Autonomous Resilience in Heterogeneous IoT Networks
Explore developing autonomous fault diagnosis and self-healing systems for large-scale heterogeneous IoT networks. Apply advanced AI techniques such as federated learning and graph neural networks combined with blockchain to enhance IoT resilience in dynamic environments.
AI-generated overview
Project Description
Project Overview
Modern infrastructure such as smart cities and industrial IoT relies on vast networks of diverse devices operating in dynamic, complex environments. Traditional fault tolerance techniques are inadequate for managing runtime uncertainties and varied failure modes present. This research innovates by merging distributed computing and AI to create an autonomous, resilient IoT architecture with real-time root cause analysis and automated recovery capabilities.
What You Will Do
The project involves developing adaptive fault monitoring using federated learning and graph neural networks for dynamic diagnosis in multi-modal data streams. Advanced risk modeling will be conducted with Bayesian deep learning and deep reinforcement learning to quantify uncertainties and predict faults. Additionally, a trustworthy autonomous recovery framework will be designed using AI-driven decision engines combined with blockchain technology to ensure credible self-healing. Theoretical work will address scaling challenges posed by heterogeneous device diversity at large network scales.
Expected Outcomes
The project will deliver a novel resilient IoT system framework featuring autonomous self-diagnosis and self-healing capabilities with verifiable automated recovery operations.
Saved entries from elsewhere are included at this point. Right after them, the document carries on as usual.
//! What is kept of a popup.

ghost use Rattle.std.specs.Prelude.{◌≡◌};
ghost use Rattle.wl_shell.specs.Kept.{popup_by};
ghost use Rattle.wl_shell.specs.Popups.{first_popup, waiting_of};
ghost use Rattle.wl_shell.specs.Positioner.{place};
ghost use Rattle.wl_shell.specs.Shell.{latest_placement};

use crate::{Configure, Placed, Positioner};
use std::marker::Model;
use wl_geom::Rect;

/// What happens to a popup.
#[derive(Clone, Copy)]
pub(crate) enum PopupChange {
    /// It is placed at this place, or nowhere.
    Place(Option<Placed>),
    /// The place that waited comes into force.
    Arrive(Placed),
    /// It gets a copy of this positioner.
    Copy(Positioner),
    /// It has a grab.
    Grab,
    /// It is unmapped: it has no grab, and no place waits.
    Unmap,
    /// It is dismissed, and loses its grab.
    Dismiss,
    /// The toplevel of the xdg_surface with this id goes. If that is its parent, it has none any
    /// more.
    Orphan(u32),
}

/// A popup (xdg-shell.xml, xdg_popup). Contracts see it as the definition's.
#[derive(Drop)]
pub struct Popup {
    parent: Option<u32>,
    positioner: Positioner,
    placement: Option<Placed>,
    waiting: Option<Placed>,
    is_dismissed: bool,
    has_grab: bool,
    number: u64,
}

impl Model for Popup {
    ghost use Rattle.wl_shell.specs.Shell.{Popup};

    ghost Value = { Popup };

    ghost view = { λ p. record { parent = p.parent; positioner = p.positioner; placement = p.placement; waiting = p.waiting; is_dismissed = p.is_dismissed; has_grab = p.has_grab; number = p.number } };
}

impl Popup {
    /// A new popup, which is placed nowhere yet. `parent` is the id of its parent's xdg_surface,
    /// `number` its number in order of creation. The positioner is copied.
    pub(crate) fn new(parent: u32, positioner: &Positioner, number: u64) -> Popup
        ensures { result ≡ first_popup parent positioner.now number }
    {
        Popup {
            parent: Some(parent),
            positioner: *positioner,
            placement: None,
            waiting: None,
            is_dismissed: false,
            has_grab: false,
            number,
        }
    }

    /// The id of its parent's xdg_surface. `None` if the parent was a toplevel that is gone.
    pub fn parent(&self) -> Option<u32>
        ensures { result ≡ self.now.parent }
    {
        self.parent
    }

    /// Where it stands, in pixels from the corner of its parent's window geometry.
    pub fn placement(&self) -> Option<Placed>
        ensures { result ≡ self.now.placement }
    {
        self.placement
    }

    /// Where the next commit puts it, unless that unmaps it: the place of the latest configure
    /// acknowledged since (xdg-shell.xml, xdg_popup.reposition). `None` for a dismissed popup.
    pub fn waiting(&self) -> Option<Placed>
        ensures { result ≡ waiting_of self.now }
    {
        if self.is_dismissed {
            return None;
        }
        self.waiting
    }

    /// Whether it was dismissed (xdg-shell.xml, xdg_popup.popup_done).
    pub fn is_dismissed(&self) -> bool
        ensures { result ≡ self.now.is_dismissed }
    {
        self.is_dismissed
    }

    /// Whether it has a grab (xdg-shell.xml, xdg_popup.grab).
    pub fn has_grab(&self) -> bool
        ensures { result ≡ self.now.has_grab }
    {
        self.has_grab
    }

    /// Its number among the popups of its client, in order of creation.
    pub fn number(&self) -> u64
        ensures { result ≡ self.now.number }
    {
        self.number
    }

    /// Where it is placed now. The bounds are in pixels of the output, as is `parent_at`, where its
    /// parent's window geometry stands. `None` if its positioner isn't complete.
    pub(crate) fn place(&self, bounds: Rect, parent_at: (i32, i32)) -> Option<Placed>
        ensures { result ≡ place self.now.positioner bounds parent_at }
    {
        if !self.positioner.is_complete() {
            return None;
        }
        Some(self.positioner.place(bounds, parent_at))
    }

    /// Notes that these configures were acknowledged, the earliest first. The latest place that one
    /// of them gives it waits for the next commit.
    pub(crate) fn acknowledge(&mut self, configures: &[Configure])
        ensures { self.new ≡ record self.old { waiting = latest_placement self.old.waiting configures.now } }
    {
        self.waiting = configures.iter().fold(
            self.waiting,
            |latest, configure| configure.placement.or(latest),
        );
    }

    /// Makes this change to it.
    pub(crate) fn change(&mut self, change: &PopupChange)
        ensures { self.new ≡ popup_by change.now self.old }
    {
        match *change {
            PopupChange::Place(placement) => self.placement = placement,
            PopupChange::Arrive(placed) => {
                self.placement = Some(placed);
                self.waiting = None;
            }
            PopupChange::Copy(positioner) => self.positioner = positioner,
            PopupChange::Grab => self.has_grab = true,
            PopupChange::Unmap => {
                self.has_grab = false;
                self.waiting = None;
            }
            PopupChange::Dismiss => {
                self.is_dismissed = true;
                self.has_grab = false;
            }
            PopupChange::Orphan(xdg_surface) => {
                if self.parent == Some(xdg_surface) {
                    self.parent = None;
                }
            }
        }
    }
}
It will advance the state-of-the-art in federated learning applications and trustworthy AI-based decision making for network resilience, suitable for complex IoT deployments in smart cities and industry.
Why This Matters
Ensuring resilience in distributed IoT networks is critical as these systems become integral to urban infrastructure and industrial automation. The ability to autonomously detect, diagnose, and recover from faults in real time with trustworthy mechanisms will increase system reliability, reduce maintenance costs, and enhance safety and sustainability of future smart environments.
Entry Requirements
How to Apply
Eligibility
Supervisor Profile
Dr. Yinhao Li is a Lecturer (Assistant Professor) in Computing at Newcastle University. His research focuses on Internet of Things, cloud computing, big data analysis, and cybersecurity with an emphasis on system security for IoT applications. He explores distributed systems, AI-driven IoT development lifecycles, and resilient network design, contributing significantly to both academia and practical IoT solutions.